### [Your assignment]
In the data below, how many lines contain the string "scaled"? Reply with the number only.

### [Working data]
// What stands before a frame's codes: `read_allocation` and the first half of `decode_frame` in the source.
#![tactic(auto)]

ghost use Rattle.std.specs.Prelude.{◌≡◌, ◌≤◌, ◌<◌};
ghost use Rattle.std.specs.Prelude.{ℕ, List};
ghost use Rattle.grammar.specs.Reads.{Reads, run, taken};
ghost use Rattle.ground.specs.Stores.{three};
ghost use Rattle.side.specs.Bands.{bands, channels_of, allocated_of};
ghost use Rattle.side.specs.Callers.{TakesPlaces, ReadsAs};
ghost use Rattle.side.specs.Side.{cut_of, allocation_of, allocation_band_of, allocations_of, selector_of, selectors_of, factors_of, place_factors_of, scale_factors_of, side_of};
ghost use Rattle.side.specs.Info.{side_in};

mod info;

use buffer::{Reader, Taken};
pub use info::{Layout, SideInfo};
use tables::QuantiserTable;

// The bound, no higher than the limit.
pub fn cut(bound: usize, limit: usize) -> usize
    ensures { result ≡ cut_of bound limit }
{
    bound.min(limit)
}

// One allocation, for the place in one channel.
fn read_allocation(
    reader: Reader,
    s: &[u8],
    quantisers: &QuantiserTable,
    table: usize,
    sb: usize,
    place: usize,
    quant: &mut [u8; 64],
) -> Reader
    requires { (table < 2) × (sb < 32) × (place < 64) }
    ensures { taken quant.new result ≡ run (allocation_of table sb place quant.old) s.now reader }
{
    let f = reader.field(s, tables::allocation_bits(table, sb));
    quant[place] = tables::quantiser(quantisers, table, sb, f.value as usize);
    f.next
}

// One subband: below the bound an allocation for each channel, from there on one for both.
fn allocation_band(
    reader: Reader,
    s: &[u8],
    quantisers: &QuantiserTable,
    layout: Layout,
    sb: usize,
    quant: &mut [u8; 64],
) -> Reader
    requires { (layout.table < 2) × (sb < 32) }
    ensures { taken quant.new result ≡ run (allocation_band_of layout.table layout.bound sb quant.old) s.now reader }
{
    let left = read_allocation(reader, s, quantisers, layout.table, sb, sb, quant);
    if sb < layout.bound {
        return read_allocation(left, s, quantisers, layout.table, sb, sb + 32, quant);
    }
    quant[sb + 32] = quant[sb];
    left
}

fn allocations(reader: Reader, s: &[u8], layout: Layout, quant: &mut [u8; 64]) -> Reader
    requires { layout.table < 2 }
    ensures { taken quant.new result
        ≡ run (allocations_of layout.table layout.bound layout.limit quant.old) s.now reader }
{
    let quantisers = tables::allocation_quantisers();
    let mut next = reader;
    for sb in 0..layout.limit {
        next = allocation_band(next, s, &quantisers, layout, sb, quant);
    }
    next
}

// The fields of a place, where it is allocated.
fn where_allocated<T, F: Fn(Reader, usize, &mut T) -> Reader>(
    reader: Reader,
    quant: &[u8; 64],
    place: usize,
    read: &F,
    fields: &mut T,
) -> Reader
    requires { (place < 64) × TakesPlaces (F.pre read.now) }
    ensures { (s : List ℕ) (one : ℕ → T → Reads T) → ReadsAs (F.post read.now) one s
        → taken fields.new result ≡ run (allocated_of quant.now one place fields.old) s reader }
{
    if quant[place] == 0 {
        return reader;
    }
    read(reader, place, fields)
}

// A subband: the left channel's place, and unless mono the right's.
fn each_channel<T, F: Fn(Reader, usize, &mut T) -> Reader>(
    reader: Reader,
    quant: &[u8; 64],
    mono: bool,
    sb: usize,
    read: &F,
    fields: &mut T,
) -> Reader
    requires { (sb < 32) × TakesPlaces (F.pre read.now) }
    ensures { (s : List ℕ) (one : ℕ → T → Reads T) → ReadsAs (F.post read.now) one s
        → taken fields.new result ≡ run (channels_of mono (allocated_of quant.now one) sb fields.old) s reader }
{
    let left = where_allocated(reader, quant, sb, read, fields);
    if mono {
        return left;
    }
    where_allocated(left, quant, sb + 32, read, fields)
}

// The fields of each allocated place below the limit, as `read` reads one.
fn each_allocated<T, F: Fn(Reader, usize, &mut T) -> Reader>(
    reader: Reader,
    quant: &[u8; 64],
    layout: Layout,
    read: F,
    fields: &mut T,
) -> Reader
    requires { TakesPlaces (F.pre read) }
    ensures { (s : List ℕ) (one : ℕ → T → Reads T) → ReadsAs (F.post read) one s
        → taken fields.new result
        ≡ run (bands (channels_of layout.mono (allocated_of quant.now one)) layout.limit fields.old) s reader }
{
    let mut next = reader;
    for sb in 0..layout.limit {
        next = each_channel(next, quant, layout.mono, sb, &read, fields);
    }
    next
}

// The three values of a place: its factors, one for each part of the frame, or its samples, one for each slot of a granule.
pub fn store_three<T: Copy>(values: &mut [T; 192], place: usize, a: T, b: T, c: T)
    requires { place < 64 }
    ensures { values.new ≡ three place a b c values.old }
{
    values[place] = a;
    values[place + 64] = b;
    values[place + 128] = c;
}

// The scale factors of a place, as its selector says.
fn read_factors(
    reader: Reader,
    s: &[u8],
    selector: u8,
    place: usize,
    factor: &mut [u32; 192],
) -> Reader
    requires { place < 64 }
    ensures { taken factor.new result ≡ run (factors_of selector place factor.old) s.now reader }
{
    let x = reader.field(s, 6);
    let a = samples::factor(x.value);
    if selector == 2 {
        store_three(factor, place, a, a, a);
        return x.next;
    }
    let y = x.next.field(s, 6);
    let b = samples::factor(y.value);
    if selector == 0 {
        let z = y.next.field(s, 6);
        store_three(factor, place, a, b, samples::factor(z.value));
        return z.next;
    }
    if selector == 1 {
        store_three(factor, place, a, a, b);
        return y.next;
    }
    store_three(factor, place, a, b, b);
    y.next
}

fn read_selector(reader: Reader, s: &[u8], place: usize, selector: &mut [u8; 64]) -> Reader
    requires { place < 64 }
    ensures { taken selector.new result ≡ run (selector_of place selector.old) s.now reader }
{
    let f = reader.field(s, 2);
    selector[place] = f.value as u8;
    f.next
}

// What stands before the codes, and the reader after it.
pub fn read_side(reader: Reader, s: &[u8], layout: Layout) -> Taken<SideInfo>
    requires { layout.table < 2 }
    ensures side { taken (side_in result.value) result.next
        ≡ run (side_of layout.mono layout.table layout.bound layout.limit) s.now reader }
    ensures layout { result.value.layout ≡ layout }
{
    let mut quant = [0u8; 64];
    let mut selector = [0u8; 64];
    let mut factor = [0u32; 192];
    let allocated = allocations(reader, s, layout, &mut quant);
    let selected = each_allocated(
        allocated,
        &quant,
        layout,
        |reader: Reader, place: usize, selector: &mut [u8; 64]| read_selector(
            reader, s, place, selector,
        ),
        &mut selector,
    );
    let scaled = each_allocated(
        selected,
        &quant,
        layout,
        |reader: Reader, place: usize, factor: &mut [u32; 192]| read_factors(
            reader,
            s,
            selector[place],
            place,
            factor,
        ),
        &mut factor,
    );
    Taken {
        value: SideInfo {
            layout,
            quant,
            factor,
        },
        next: scaled,
    }
}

### [Written response]
2